= Mayan Deer Dance =

Traditional Guatemalan dance

The Guatemalan Traditional Mayan Deer Dance, also known as "Baile de Venado" in Spanish, is a traditional dance performed by the indigenous Mayan people of Guatemala. The dance is often performed during important cultural and religious celebrations and ceremonies, accompanied by traditional music played on instruments such as marimbas, maracas, drums, and flutes.

== History and significance ==
The origins of the Mayan Deer Dance can be traced back to pre-Columbian times, when the deer was a symbol of power and nobility among the Maya people. The dance is believed to have been originally performed as a hunting ritual and was intended to honor the spirits of the animals that were hunted for food.

Over time, the Mayan Deer Dance became an important part of Mayan culture and tradition, performed during religious ceremonies and other important events. The dance is seen as a way to connect with the spirits of the natural world and to pay homage to the ancestors and deities of Mayan mythology.

== Costume and performance ==

Performance of Mayan Deer Dance in Cobán, Guatemala

The costume worn by the performers of the Mayan Deer Dance is an important element of the dance, and is designed to represent the deer, which is a sacred animal in Mayan culture. The headpiece worn by the performer is often the most elaborate part of the costume. It is designed to resemble the head of a deer and is typically made from a combination of materials such as leather, fur, and cloth. The headpiece may feature antlers made from branches or other natural materials, and is often decorated with feathers and beads.

The rest of the costume typically consists of a tunic or shirt made from a lightweight, breathable fabric such as cotton or linen. The tunic may be decorated with intricate embroidery or other decorative elements, such as colorful patterns or images of animals. The performer may also wear a belt or sash around their waist, which is often decorated with bells or other jingling ornaments that make noise as the dancer moves.

In addition to the tunic, performers may also wear pants or leggings made from a similar lightweight fabric. These pants are typically loose-fitting and allow the performer to move freely while dancing. The pants may also be decorated with embroidery or other decorative elements.

The footwear worn by performers of the Mayan Deer Dance is typically simple and functional. They may wear sandals or lightweight shoes that allow them to move easily on the dance floor or other surfaces.

The dance itself is a ritualistic performance, with dancers moving in a stylized manner that mimics the movements of deer. The dance is often performed in groups, with each dancer representing a different aspect of the natural world, such as the sun, moon, or stars. The dance is accompanied by traditional music played on instruments such as maracas, drums, and flutes.

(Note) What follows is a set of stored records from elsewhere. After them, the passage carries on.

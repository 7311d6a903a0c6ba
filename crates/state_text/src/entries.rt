// The lines of a saved state.
ghost use Rattle.std.specs.Prelude.{◌≡◌, ◌+◌, ◌*◌, ◌<◌};
ghost use Rattle.state_text.specs.Entries.{entry_of, form_of, values_of, rank, follows};
ghost use Rattle.state_text.specs.Causes.{Ranged};
ghost use Rattle.state_text.specs.Parts.{next_of};

// The forms of a saved state, a line each; a mark stands for a number of its kind.
pub(crate) const FORMS: [u8; 118] = *b"(now ~)\n\
(assigned @ $)\n\
(granted $ %)\n\
(loan @ @ $ ~)\n\
(open & @)\n\
(place & + +)\n\
(active & $)\n\
(did * % @)\n\
(place & + + `)\n";

// Where each form starts, and where the last one ends.
pub(crate) const STARTS: [usize; 10] = [0, 8, 23, 37, 52, 63, 77, 90, 102, 118];

// A line, by its form and its numbers. A form's number is its place in the table.
#[derive(Clone, Copy, Debug, PartialEq, Eq)]
pub enum Entry {
    // (now t)
    Now(u64),
    // (assigned u r)
    Assigned(u64, u64),
    // (granted r p)
    Granted(u64, u64),
    // (loan u v r t)
    Loan(u64, u64, u64, u64),
    // (open s u)
    Open(u64, u64),
    // (place s x y)
    Place(u64, i32, i32),
    // (active s r)
    Active(u64, u64),
    // (did o p u)
    Did(u64, u64, u64),
    // (place s x y e)
    PlaceWithError(u64, i32, i32, u64),
}

impl Entry {
    // The line that a form says with its values.
    #[tactic(auto, unfolding(crate::specs::Entries::entry_of))]
    pub(crate) fn of_values(form: usize, values: &[u64; 6]) -> Entry
        ensures { result ≡ entry_of form values.now }
    {
        match form {
            0 => Entry::Now(values[0]),
            1 => Entry::Assigned(values[0], values[1]),
            2 => Entry::Granted(values[0], values[1]),
            3 => Entry::Loan(values[0], values[1], values[2], values[3]),
            4 => Entry::Open(values[0], values[1]),
            5 => Entry::Place(
                values[0],
                forms::coordinate(values[1]),
                forms::coordinate(values[2]),
            ),
            6 => Entry::Active(values[0], values[1]),
            7 => Entry::Did(values[0], values[1], values[2]),
            _ => Entry::PlaceWithError(
                values[0],
                forms::coordinate(values[1]),
                forms::coordinate(values[2]),
                values[3],
            ),
        }
    }

    // The form of a line.
    #[tactic(auto, unfolding(crate::specs::Entries::form_of))]
    pub(crate) fn form(self) -> usize
        ensures { result ≡ form_of self }
    {
        match self {
            Entry::Now(..) => 0,
            Entry::Assigned(..) => 1,
            Entry::Granted(..) => 2,
            Entry::Loan(..) => 3,
            Entry::Open(..) => 4,
            Entry::Place(..) => 5,
            Entry::Active(..) => 6,
            Entry::Did(..) => 7,
            Entry::PlaceWithError(..) => 8,
        }
    }

    // The values of a line.
    #[tactic(auto, unfolding(crate::specs::Entries::values_of))]
    pub(crate) fn values(self) -> [u64; 6]
        ensures { result ≡ values_of self }
    {
        match self {
            Entry::Now(time) => [time, 0, 0, 0, 0, 0],
            Entry::Assigned(user, role) => [user, role, 0, 0, 0, 0],
            Entry::Granted(role, permission) => [role, permission, 0, 0, 0, 0],
            Entry::Loan(lender, borrower, role, until) => [lender, borrower, role, until, 0, 0],
            Entry::Open(session, user) => [session, user, 0, 0, 0, 0],
            Entry::Place(session, x, y) => {
                [
                    session,
                    forms::signed_code(x),
                    forms::signed_code(y),
                    0,
                    0,
                    0,
                ]
            }
            Entry::Active(session, role) => [session, role, 0, 0, 0, 0],
            Entry::Did(object, permission, user) => [object, permission, user, 0, 0, 0],
            Entry::PlaceWithError(session, x, y, error) => {
                [
                    session,
                    forms::signed_code(x),
                    forms::signed_code(y),
                    error,
                    0,
                    0,
                ]
            }
        }
    }

    // Where a line in range stands among all lines that can be.
    #[tactic(auto, unfolding(crate::specs::Entries::rank))]
    pub(crate) fn rank(self) -> u64
        requires { Ranged self }
        ensures { result ≡ rank self }
    {
        match self {
            Entry::Now(..) => 0,
            Entry::Assigned(user, role) => column_rank(1, user, 32, role),
            Entry::Granted(role, permission) => column_rank(2049, role, 32, permission),
            Entry::Loan(lender, borrower, role, _) => {
                column_rank(3073, column_rank(0, lender, 64, borrower), 32, role)
            }
            Entry::Open(session, _) => column_rank(134145, session, 34, 0),
            Entry::Place(session, ..) | Entry::PlaceWithError(session, ..) => {
                column_rank(134145, session, 34, 1)
            }
            Entry::Active(session, role) => column_rank(134145, session, 34, 2 + role),
            Entry::Did(object, permission, user) => {
                column_rank(135233, column_rank(0, object, 32, permission), 64, user)
            }
        }
    }
}

// The rank of a column of a row, after the lines before these rows.
fn column_rank(start: u64, row: u64, width: u64, column: u64) -> u64
    requires { (start < 200000) × (row < 4096) × (width < 65) × (column < 64) }
    ensures { result ≡ start + (row * width + column) }
{
    start + (row * width + column)
}

// A line of this rank may stand after a line of the last one: the first line is `now`, a later one stands past the last.
pub(crate) fn follows(last: Option<u64>, rank: u64) -> bool
    ensures { result ≡ follows (next_of last) rank }
{
    match last {
        None => rank == 0,
        Some(last) => last < rank,
    }
}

== Modern interpretations ==
Today, the Mayan Deer Dance continues to be an important part of Mayan culture and tradition, and is performed at festivals, religious ceremonies, and other important events. In recent years, the dance has also been incorporated into modern art and performance, with contemporary artists using the dance as a way to explore themes of identity, tradition, and spirituality.

One such artist is Angelica Chinchilla, a Guatemalan-American artist who has created a series of multimedia installations inspired by the Mayan Deer Dance. Chinchilla's work explores the ways in which traditional Mayan culture intersects with contemporary life and seeks to challenge stereotypes and misconceptions about indigenous peoples and their cultures. Chinchilla's installations incorporate elements of performance, sculpture, and video, and seek to create a dialogue between traditional and contemporary forms of artistic expression.

Another example of modern interpretations of the Mayan Deer Dance is the work of the Guatemalan artist, Carlos Mérida. Mérida was a prominent figure in the Mexican muralist movement of the early 20th century and was known for his colorful and dynamic depictions of Mayan culture and tradition. One of his most famous works, the mural "The Magic World of the Mayas," depicts scenes from the Mayan Deer Dance, as well as other traditional Mayan rituals and ceremonies.